*Task requirements*
Every record here needs to be written out again exactly.
** Opening Exercise materials block **
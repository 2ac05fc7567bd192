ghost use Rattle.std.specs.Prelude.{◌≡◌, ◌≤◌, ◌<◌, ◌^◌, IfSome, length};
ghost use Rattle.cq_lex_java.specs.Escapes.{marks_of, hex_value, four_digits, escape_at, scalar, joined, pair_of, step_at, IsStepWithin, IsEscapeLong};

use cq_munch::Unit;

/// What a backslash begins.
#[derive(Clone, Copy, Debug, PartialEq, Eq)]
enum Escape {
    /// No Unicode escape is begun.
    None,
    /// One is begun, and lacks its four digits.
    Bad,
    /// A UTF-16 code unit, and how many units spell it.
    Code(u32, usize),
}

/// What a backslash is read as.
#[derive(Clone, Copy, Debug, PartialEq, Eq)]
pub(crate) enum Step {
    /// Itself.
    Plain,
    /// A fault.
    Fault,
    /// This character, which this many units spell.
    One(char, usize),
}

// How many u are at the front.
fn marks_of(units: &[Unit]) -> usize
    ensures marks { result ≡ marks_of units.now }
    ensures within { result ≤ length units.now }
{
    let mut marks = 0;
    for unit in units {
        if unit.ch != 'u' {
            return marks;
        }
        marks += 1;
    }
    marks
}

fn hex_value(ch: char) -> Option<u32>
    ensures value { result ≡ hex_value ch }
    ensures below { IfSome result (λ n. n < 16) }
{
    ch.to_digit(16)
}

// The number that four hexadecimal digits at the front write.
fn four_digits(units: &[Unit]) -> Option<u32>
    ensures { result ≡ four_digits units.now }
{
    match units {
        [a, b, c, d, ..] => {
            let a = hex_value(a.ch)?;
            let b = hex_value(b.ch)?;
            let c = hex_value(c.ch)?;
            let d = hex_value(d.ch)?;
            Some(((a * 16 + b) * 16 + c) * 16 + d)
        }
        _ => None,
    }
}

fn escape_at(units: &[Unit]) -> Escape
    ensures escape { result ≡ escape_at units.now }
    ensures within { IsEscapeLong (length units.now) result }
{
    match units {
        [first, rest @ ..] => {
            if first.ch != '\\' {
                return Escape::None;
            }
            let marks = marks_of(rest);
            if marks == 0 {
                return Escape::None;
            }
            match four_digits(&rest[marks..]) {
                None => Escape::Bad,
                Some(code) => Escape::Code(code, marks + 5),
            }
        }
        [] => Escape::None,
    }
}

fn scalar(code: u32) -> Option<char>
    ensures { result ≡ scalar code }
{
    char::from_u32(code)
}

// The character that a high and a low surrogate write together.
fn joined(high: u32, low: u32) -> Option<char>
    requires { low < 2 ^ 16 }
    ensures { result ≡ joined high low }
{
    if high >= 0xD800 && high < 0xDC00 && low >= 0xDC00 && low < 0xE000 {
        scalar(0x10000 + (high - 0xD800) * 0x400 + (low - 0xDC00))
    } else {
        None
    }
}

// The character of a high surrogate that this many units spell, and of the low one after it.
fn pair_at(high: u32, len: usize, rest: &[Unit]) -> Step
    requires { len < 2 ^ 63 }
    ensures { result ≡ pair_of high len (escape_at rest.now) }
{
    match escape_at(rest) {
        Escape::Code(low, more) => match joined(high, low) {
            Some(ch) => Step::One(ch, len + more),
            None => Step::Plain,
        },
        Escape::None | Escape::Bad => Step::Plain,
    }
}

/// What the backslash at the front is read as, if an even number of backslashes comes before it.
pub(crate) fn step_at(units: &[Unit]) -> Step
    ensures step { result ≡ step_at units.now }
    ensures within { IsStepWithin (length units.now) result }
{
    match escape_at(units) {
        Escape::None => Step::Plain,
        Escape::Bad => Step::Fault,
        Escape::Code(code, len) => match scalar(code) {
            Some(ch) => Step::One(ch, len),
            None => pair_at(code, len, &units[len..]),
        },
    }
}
** Closing Exercise materials block **
*Result of the exercise*
repository 2ac05fc7567bd192
ghost use Rattle.std.specs.Prelude.{◌≡◌, ◌≤◌, ◌<◌, ◌^◌, IfSome, length};
ghost use Rattle.cq_lex_java.specs.Escapes.{marks_of, hex_value, four_digits, escape_at, scalar, joined, pair_of, step_at, IsStepWithin, IsEscapeLong};

use cq_munch::Unit;

/// What a backslash begins.
#[derive(Clone, Copy, Debug, PartialEq, Eq)]
enum Escape {
    /// No Unicode escape is begun.
    None,
    /// One is begun, and lacks its four digits.
    Bad,
    /// A UTF-16 code unit, and how many units spell it.
    Code(u32, usize),
}

/// What a backslash is read as.
#[derive(Clone, Copy, Debug, PartialEq, Eq)]
pub(crate) enum Step {
    /// Itself.
    Plain,
    /// A fault.
    Fault,
    /// This character, which this many units spell.
    One(char, usize),
}

// How many u are at the front.
fn marks_of(units: &[Unit]) -> usize
    ensures marks { result ≡ marks_of units.now }
    ensures within { result ≤ length units.now }
{
    let mut marks = 0;
    for unit in units {
        if unit.ch != 'u' {
            return marks;
        }
        marks += 1;
    }
    marks
}

fn hex_value(ch: char) -> Option<u32>
    ensures value { result ≡ hex_value ch }
    ensures below { IfSome result (λ n. n < 16) }
{
    ch.to_digit(16)
}

// The number that four hexadecimal digits at the front write.
fn four_digits(units: &[Unit]) -> Option<u32>
    ensures { result ≡ four_digits units.now }
{
    match units {
        [a, b, c, d, ..] => {
            let a = hex_value(a.ch)?;
            let b = hex_value(b.ch)?;
            let c = hex_value(c.ch)?;
            let d = hex_value(d.ch)?;
            Some(((a * 16 + b) * 16 + c) * 16 + d)
        }
        _ => None,
    }
}

fn escape_at(units: &[Unit]) -> Escape
    ensures escape { result ≡ escape_at units.now }
    ensures within { IsEscapeLong (length units.now) result }
{
    match units {
        [first, rest @ ..] => {
            if first.ch != '\\' {
                return Escape::None;
            }
            let marks = marks_of(rest);
            if marks == 0 {
                return Escape::None;
            }
            match four_digits(&rest[marks..]) {
                None => Escape::Bad,
                Some(code) => Escape::Code(code, marks + 5),
            }
        }
        [] => Escape::None,
    }
}

fn scalar(code: u32) -> Option<char>
    ensures { result ≡ scalar code }
{
    char::from_u32(code)
}

// The character that a high and a low surrogate write together.
fn joined(high: u32, low: u32) -> Option<char>
    requires { low < 2 ^ 16 }
    ensures { result ≡ joined high low }
{
    if high >= 0xD800 && high < 0xDC00 && low >= 0xDC00 && low < 0xE000 {
        scalar(0x10000 + (high - 0xD800) * 0x400 + (low - 0xDC00))
    } else {
        None
    }
}

// The character of a high surrogate that this many units spell, and of the low one after it.
fn pair_at(high: u32, len: usize, rest: &[Unit]) -> Step
    requires { len < 2 ^ 63 }
    ensures { result ≡ pair_of high len (escape_at rest.now) }
{
    match escape_at(rest) {
        Escape::Code(low, more) => match joined(high, low) {
            Some(ch) => Step::One(ch, len + more),
            None => Step::Plain,
        },
        Escape::None | Escape::Bad => Step::Plain,
    }
}

/// What the backslash at the front is read as, if an even number of backslashes comes before it.
pub(crate) fn step_at(units: &[Unit]) -> Step
    ensures step { result ≡ step_at units.now }
    ensures within { IsStepWithin (length units.now) result }
{
    match escape_at(units) {
        Escape::None => Step::Plain,
        Escape::Bad => Step::Fault,
        Escape::Code(code, len) => match scalar(code) {
            Some(ch) => Step::One(ch, len),
            None => pair_at(code, len, &units[len..]),
        },
    }
}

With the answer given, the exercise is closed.